- Opening Delimiter -

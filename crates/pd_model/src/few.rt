// How many things a task has, so that each has a number of 32 bits.
ghost use Rattle.std.specs.Prelude.{◌≡◌, ◌+◌, ◌<◌, ◌^◌, length};
ghost use Rattle.std.specs.List.{list_all};
ghost use Rattle.pd_model.specs.Few as few;

use crate::{Effect, Parts, Schema};

fn is_few(count: usize) -> bool
    ensures { result ≡ few.is_few count }
{
    count < 4_294_967_296
}

fn few_effect(parameters: usize, effect: &Effect) -> bool
    requires { parameters < 2 ^ 32 }
    ensures { result ≡ few.few_effect parameters effect.now }
{
    let over = effect.over.as_slice().len();
    if over >= 4_294_967_296 {
        return false;
    }
    is_few(parameters + over)
}

fn few_effects(parameters: usize, effects: &[Effect]) -> bool
    requires { parameters < 2 ^ 32 }
    ensures { result ≡ list_all (few.few_effect parameters) effects.now }
{
    for effect in effects {
        if !few_effect(parameters, effect) {
            return false;
        }
    }
    true
}

fn few_schema(schema: &Schema) -> bool
    ensures { result ≡ few.few_schema schema.now }
{
    let parameters = schema.parameters.as_slice().len();
    is_few(parameters) && few_effects(parameters, schema.effects.as_slice())
}

fn few_schemas(schemas: &[Schema]) -> bool
    ensures { result ≡ list_all few.few_schema schemas.now }
{
    for schema in schemas {
        if !few_schema(schema) {
            return false;
        }
    }
    true
}

/// Whether each thing of the task, and each variable of its actions, has a number of 32 bits.
pub fn few_parts(parts: &Parts) -> bool
    ensures { result ≡ few.few_parts parts.now }
{
    is_few(parts.types.as_slice().len())
        && is_few(parts.predicates.as_slice().len())
        && is_few(parts.objects.as_slice().len())
        && is_few(parts.schemas.as_slice().len())
        && few_schemas(parts.schemas.as_slice())
}
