// The types of objects.
use containers::{ListOf, SharedListOf};
use pd_sexp::Name;

/// A declared type. Types are numbered from 0; type 0 is `object`, its own parent.
#[derive(Drop)]
pub struct TypeDecl {
    /// Its name.
    pub name: Name,
    /// The number of the type that it lies under.
    pub parent: u32,
}

/// The declared types, by number.
pub type Types = ListOf<TypeDecl>;

/// Numbers of types: those of parameters, or of the variables of a `forall`.
pub type TypeNumbers = ListOf<u32>;

/// Numbers of types in memory that all effects share which stand under the same `forall`.
pub type SharedTypeNumbers = SharedListOf<u32>;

- Closing Delimiter -

• [Prompt]
Retype exactly the lines of the data above, starting at its first line and finishing with the line that has "fn is_few(count: usize) -> bool" in it.

• [Answer to the exercise]
filename crates/pd_model/src/few.rt
// How many things a task has, so that each has a number of 32 bits.
ghost use Rattle.std.specs.Prelude.{◌≡◌, ◌+◌, ◌<◌, ◌^◌, length};
ghost use Rattle.std.specs.List.{list_all};
ghost use Rattle.pd_model.specs.Few as few;

use crate::{Effect, Parts, Schema};

fn is_few(count: usize) -> bool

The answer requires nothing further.